**PROBLEM DESCRIPTION:**
Provide the number of lines in the entries below containing "which", with no further words.

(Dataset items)
*** Block opens ***

//! What a text of the notation says of an OCSP response.

use crate::options::{option_in, word_and_value};
use std::alloc::Global;
use vectors::{NotationFault, NotationPart};

/// Whether a certificate is revoked.
#[derive(Clone, Copy)]
pub(crate) enum Status {
    Good,
    /// With the reason's number if one is given.
    Revoked(Option<u32>),
    Unknown,
}

/// A serial number with its status.
#[derive(Drop)]
pub(crate) struct Single {
    /// Whether the hashes of the id are by SHA-256, and not by SHA-1.
    pub by_sha256: bool,
    /// The contents of serialNumber.
    pub serial: Vec<u8>,
    pub status: Status,
}

impl Single {
    /// `SERIAL good`, `SERIAL revoked`, `SERIAL revoked REASON` or `SERIAL unknown`, behind `#` if the id is by SHA-256
    fn read(alloc: Global, text: NotationPart<'_>) -> Result<Single, NotationFault> {
        let (serial, status) = text.split_at_mark(' ')?;
        let (by_sha256, serial) = match serial.text.strip_prefix('#') {
            Some(digits) => (true, serial.behind(1, digits)),
            None => (false, serial),
        };
        let serial = serial.octets(alloc)?;
        let (word, value) = word_and_value(status);
        let status = match word.text {
            "good" => Status::Good,
            "revoked" if value.text.is_empty() => Status::Revoked(None),
            "revoked" => Status::Revoked(Some(value.number()?)),
            "unknown" => Status::Unknown,
            _ => return Err(word.fault()),
        };
        Ok(Single {
            by_sha256,
            serial,
            status,
        })
    }
}

/// Who says that the response is his.
#[derive(Clone, Copy)]
pub(crate) enum Responder<'a> {
    ByName(&'a str),
    /// By the hash of the key's octets.
    ByKey(&'a str),
}

/// What a text asks for.
#[derive(Drop)]
pub(crate) struct ResponseNotation<'a> {
    /// The issuer of the certificates that it speaks of.
    pub issuer: &'a str,
    /// The name and the key whose hashes the ids have.
    pub named: &'a str,
    pub key: &'a str,
    pub singles: Vec<Single>,
    pub responder: Responder<'a>,
    /// The key that signs.
    pub signer: &'a str,
    pub this_update: &'a str,
    pub produced_at: &'a str,
    pub next_update: Option<&'a str>,
}

/// Fourteen digits and `Z`, of any date or none.
fn time<'a>(part: NotationPart<'a>) -> Result<&'a str, NotationFault> {
    match part.text.strip_suffix('Z') {
        Some(digits) if digits.len() == 14 && digits.bytes().all(|octet| octet.is_ascii_digit()) =>
            { Ok(part.text) }
        _ => Err(part.fault()),
    }
}

/// The single responses, with commas between them.
fn singles(alloc: Global, text: NotationPart<'_>) -> Result<Vec<Single>, NotationFault> {
    let mut singles = Vec::new(alloc);
    for one in text.text.split(',') {
        singles.push(Single::read(alloc, text.behind(0, one))?)?;
    }
    Ok(singles)
}

impl<'a> ResponseNotation<'a> {
    /// What stands before the options: `ocsp(ISSUER,SERIAL STATUS,..)`.
    fn head(
        alloc: Global,
        kind: NotationPart<'a>,
        inside: NotationPart<'a>,
    ) -> Result<ResponseNotation<'a>, NotationFault> {
        if kind.text != "ocsp" {
            return Err(kind.fault());
        }
        let (issuer, listed) = inside.split_at_mark(',')?;
        let issuer = issuer.word()?;
        Ok(ResponseNotation {
            issuer,
            named: issuer,
            key: issuer,
            singles: singles(alloc, listed)?,
            responder: Responder::ByName(issuer),
            signer: issuer,
            this_update: "20250601000000Z",
            produced_at: "20250601000000Z",
            next_update: Some("20250701000000Z"),
        })
    }

    fn note(&mut self, option: NotationPart<'a>) -> Result<(), NotationFault> {
        let (word, value) = word_and_value(option);
        match word.text {
            "named" => self.named = value.word()?,
            "key" => self.key = value.word()?,
            "signed" => self.signer = value.word()?,
            "by" => self.responder = Responder::ByName(value.word()?),
            "bykey" => self.responder = Responder::ByKey(value.word()?),
            "from" => {
                self.this_update = time(value)?;
                self.produced_at = self.this_update;
            }
            "produced" => self.produced_at = time(value)?,
            "until" => self.next_update = Some(time(value)?),
            "open" if value.text.is_empty() => self.next_update = None,
            _ => return Err(word.fault()),
        }
        Ok(())
    }

    /// What the text says, or the offset at which it is none of the notation.
    pub fn read(alloc: Global, text: &'a str) -> Result<ResponseNotation<'a>, NotationFault> {
        let whole = NotationPart { text, at: 0 };
        let (kind, behind) = whole.split_at_mark('(')?;
        let (inside, options) = behind.split_at_mark(')')?;
        let mut notation = ResponseNotation::head(alloc, kind, inside)?;
        let mut next = options;
        for braced in options.text.split_inclusive('}') {
            notation.note(option_in(next, braced)?)?;
            next = next.behind(braced.len(), "");
        }
        Ok(notation)
    }
}
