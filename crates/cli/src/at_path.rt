//! Stores at paths, which are opened when they are asked and closed behind the answer.
ghost use Rattle.std.specs.Prelude.{◌≡◌};
ghost use Rattle.statements_facts.specs.Fact.{facts_in};
ghost use Rattle.path.specs.Reading.{seen_query};
ghost use Rattle.path_issuers.specs.View.{seen_search};
ghost use Rattle.sqlite.specs.Files.{file_state};
ghost use Rattle.store_adoption.specs.Creates.{IsSettled};
ghost use Rattle.store_sql.specs.Statements.{IsDurable};
ghost use Rattle.cli_store.specs.Standing.{IsFound, IsFoundOrMade, IsOpenIfClean, seen_in};
ghost use Rattle.cli.specs.Checked.{ChecksAt, ComparesAt};
ghost use Rattle.cli.specs.Delivered.{TakesAt};
ghost use Rattle.cli.specs.Searched.{FindsAt};

use cli_failures::Failure;
use cli_steps::{AnswerQuery, AnswerSearch, TakeFacts};
use cli_store::{Stores, failed};
use path_search::Search;
use path_verifiers::Verifier;
use relying::{Fault, Node, Query, find_over, verdict_of};
use relying_agreement::{Comparison, Verdict};
use relying_search::{Finding, FindingBudget};
use sqlite_disk::Disk;
use statements_facts::{Counts, Facts};
use std::alloc::Global;
use std::marker::PhantomData;
use store::Store;

/// The store that is asked first, and the other.
#[derive(Clone, Copy, Debug, PartialEq, Eq)]
pub struct StorePair<'a> {
    pub store: &'a str,
    pub other: &'a str,
}

/// The store at a path. It is made if it is to take facts and no file is there.
#[derive(Clone, Copy)]
pub(crate) struct AtPath<'a, 's, D, S> {
    pub source: &'s S,
    pub path: &'a str,
    pub disk: PhantomData<D>,
}

/// The stores at two paths.
#[derive(Clone, Copy)]
pub(crate) struct AtPaths<'a, 's, D, S> {
    pub source: &'s S,
    pub stores: StorePair<'a>,
    pub disk: PhantomData<D>,
}

// The store takes the facts, and is closed.
fn take_in<'a, D: Disk + Drop, S: Stores<Store<D>>>(
    source: &S,
    path: &str,
    store: Store<D>,
    facts: &Facts<'_>,
) -> Result<Counts, Failure<'a>>
    requires open { IsOpenIfClean (file_state store.conn) }
    requires settled { IsSettled (file_state store.conn) }
    requires durable { IsDurable (file_state store.conn) }
    ensures { IsFoundOrMade (S.places source.now) path.now (seen_in store)
        → TakesAt (S.places source.now) path.now (facts_in facts.now)
        result }
{
    let mut store = store;
    let counts = store.put(facts);
    source.close_store(path, store);
    match counts {
        Ok(counts) => Ok(counts),
        Err(fault) => Err(failed(Fault::Store(fault))),
    }
}

// The store at the path takes the facts. If no file is there it is made.
fn take_at<'a, D: Disk + Drop, S: Stores<Store<D>>>(
    source: &S,
    path: &'a str,
    facts: &Facts<'_>,
) -> Result<Counts, Failure<'a>>
    ensures { TakesAt (S.places source.now) path.entry.now
        (facts_in facts.now) result }
{
    let store = source.open_or_make_store(path)?;
    take_in(source, path, store, facts)
}

/// The store is opened, or made, takes the facts, and is closed.
impl<'a, D: Disk + Drop, S: Stores<Store<D>>> TakeFacts<'a> for AtPath<'a, '_, D, S> {
    ghost use Rattle.cli.specs.Delivered.{TakesAt};

    ghost takes = { λ at _ facts result. TakesAt (S.places at.source.now) at.path.now facts result };

    fn take_facts(&mut self, facts: &Facts<'_>) -> Result<Counts, Failure<'a>> {
        take_at(self.source, self.path, facts)
    }
}

// The verdict by what the store holds, which is closed then.
fn check_in<'a, D: Disk + Drop, S: Stores<Store<D>>, V: Verifier>(
    source: &S,
    alloc: Global,
    path: &str,
    verifier: &V,
    store: Store<D>,
    query: &Query<'_>,
) -> Result<Verdict, Failure<'a>>
    requires open { IsOpenIfClean (file_state store.conn) }
    requires settled { IsSettled (file_state store.conn) }
    requires durable { IsDurable (file_state store.conn) }
    ensures { IsFound (S.places source.now) path.now (seen_in store)
        → ChecksAt (S.places source.now) path.now
        (V.accepts verifier.now) (seen_query query.now) result }
{
    let mut store = store;
    let verdict = verdict_of(alloc, verifier, &mut store.conn, query);
    source.close_store(path, store);
    match verdict {
        Ok(verdict) => Ok(verdict),
        Err(fault) => Err(failed(fault)),
    }
}

// The verdict by what the store at the path holds.
fn check_at<'a, D: Disk + Drop, S: Stores<Store<D>>, V: Verifier>(
    source: &S,
    alloc: Global,
    path: &'a str,
    verifier: &V,
    query: &Query<'_>,
) -> Result<Verdict, Failure<'a>>
    ensures { ChecksAt (S.places source.now) path.entry.now
        (V.accepts verifier.now) (seen_query query.now) result }
{
    let store = source.open_store(path)?;
    check_in(source, alloc, path, verifier, store, query)
}

/// The store is opened, asked, and closed.
impl<'a, D: Disk + Drop, S: Stores<Store<D>>> AnswerQuery<'a, Verdict> for AtPath<'a, '_, D, S> {
    ghost use Rattle.cli.specs.Checked.{ChecksAt};

    ghost answers = { λ at _ accepts query result. ChecksAt (S.places at.source.now) at.path.now accepts query result };

    fn answer<V: Verifier>(
        &mut self,
        alloc: Global,
        verifier: &V,
        query: &Query<'_>,
    ) -> Result<Verdict, Failure<'a>> {
        check_at(self.source, alloc, self.path, verifier, query)
    }
}

// What is found by what the store holds, which is closed then.
fn find_in<'a, D: Disk + Drop, S: Stores<Store<D>>, V: Verifier>(
    source: &S,
    alloc: Global,
    path: &str,
    verifier: &V,
    store: Store<D>,
    search: &Search<'_, '_>,
    budget: FindingBudget,
) -> Result<Finding, Failure<'a>>
    requires open { IsOpenIfClean (file_state store.conn) }
    requires settled { IsSettled (file_state store.conn) }
    requires durable { IsDurable (file_state store.conn) }
    ensures { IsFound (S.places source.now) path.now (seen_in store)
        → FindsAt (S.places source.now) path.now
        (V.accepts verifier.now) (seen_search search.now) budget result }
{
    let mut store = store;
    let finding = find_over(alloc, verifier, &mut store.conn, search, budget);
    source.close_store(path, store);
    match finding {
        Ok(finding) => Ok(finding),
        Err(fault) => Err(failed(fault)),
    }
}

// What is found by what the store at the path holds.
fn find_at<'a, D: Disk + Drop, S: Stores<Store<D>>, V: Verifier>(
    source: &S,
    alloc: Global,
    path: &'a str,
    verifier: &V,
    search: &Search<'_, '_>,
    budget: FindingBudget,
) -> Result<Finding, Failure<'a>>
    ensures { FindsAt (S.places source.now) path.entry.now
        (V.accepts verifier.now) (seen_search search.now) budget result }
{
    let store = source.open_store(path)?;
    find_in(source, alloc, path, verifier, store, search, budget)
}

/// The store is opened, asked, and closed.
impl<'a, D: Disk + Drop, S: Stores<Store<D>>> AnswerSearch<'a> for AtPath<'a, '_, D, S> {
    ghost use Rattle.cli.specs.Searched.{FindsAt};

    ghost finds = { λ at _ accepts s budget result. FindsAt (S.places at.source.now) at.path.now accepts s budget result };

    fn answer_search<V: Verifier>(
        &mut self,
        alloc: Global,
        verifier: &V,
        search: &Search<'_, '_>,
        budget: FindingBudget,
    ) -> Result<Finding, Failure<'a>> {
        find_at(self.source, alloc, self.path, verifier, search, budget)
    }
}

// The comparison of the verdicts by what two stores hold, which are closed then.
fn compare_in<'a, D: Disk + Drop, S: Stores<Store<D>>, V: Verifier>(
    source: &S,
    alloc: Global,
    stores: &StorePair<'_>,
    verifier: &V,
    store: Store<D>,
    beside: Store<D>,
    query: &Query<'_>,
) -> Result<Comparison, Failure<'a>>
    requires open { IsOpenIfClean (file_state store.conn) }
    requires settled { IsSettled (file_state store.conn) }
    requires durable { IsDurable (file_state store.conn) }
    requires other_open { IsOpenIfClean (file_state beside.conn) }
    requires other_settled { IsSettled (file_state beside.conn) }
    requires other_durable { IsDurable (file_state beside.conn) }
    ensures { IsFound (S.places source.now) stores.now.store.now (seen_in store)
        → IsFound (S.places source.now) stores.now.other.now (seen_in beside)
        → ComparesAt (S.places source.now) stores.now
        (V.accepts verifier.now) (seen_query query.now) result }
{
    let mut one = Node::new(verifier, store);
    let mut other = Node::new(verifier, beside);
    let comparison = relying::compare(alloc, &mut one, &mut other, query);
    source.close_store(stores.store, one.into_store());
    source.close_store(stores.other, other.into_store());
    match comparison {
        Ok(comparison) => Ok(comparison),
        Err(fault) => Err(failed(fault)),
    }
}

// The comparison of the verdicts by what the stores at two paths hold, of which the second is looked for when the first is open.
fn compare_at<'a, D: Disk + Drop, S: Stores<Store<D>>, V: Verifier>(
    source: &S,
    alloc: Global,
    stores: &StorePair<'a>,
    verifier: &V,
    query: &Query<'_>,
) -> Result<Comparison, Failure<'a>>
    ensures { ComparesAt (S.places source.now) stores.now
        (V.accepts verifier.now) (seen_query query.now) result }
{
    let store = source.open_store(stores.store)?;
    match source.open_store(stores.other) {
        Ok(beside) => compare_in(source, alloc, stores, verifier, store, beside, query),
        Err(failure) => {
            source.close_store(stores.store, store);
            Err(failure)
        }
    }
}

/// Both stores are opened, asked, and closed.
impl<'a, D: Disk + Drop, S: Stores<Store<D>>> AnswerQuery<'a, Comparison>
    for AtPaths<'a, '_, D, S> {
    ghost use Rattle.cli.specs.Checked.{ComparesAt};

    ghost answers = { λ at _ accepts query result. ComparesAt (S.places at.source.now) at.stores accepts query result };

    fn answer<V: Verifier>(
        &mut self,
        alloc: Global,
        verifier: &V,
        query: &Query<'_>,
    ) -> Result<Comparison, Failure<'a>> {
        compare_at(self.source, alloc, &self.stores, verifier, query)
    }
}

*** Block closes ***

**RESULT FOR THIS EXERCISE:**
6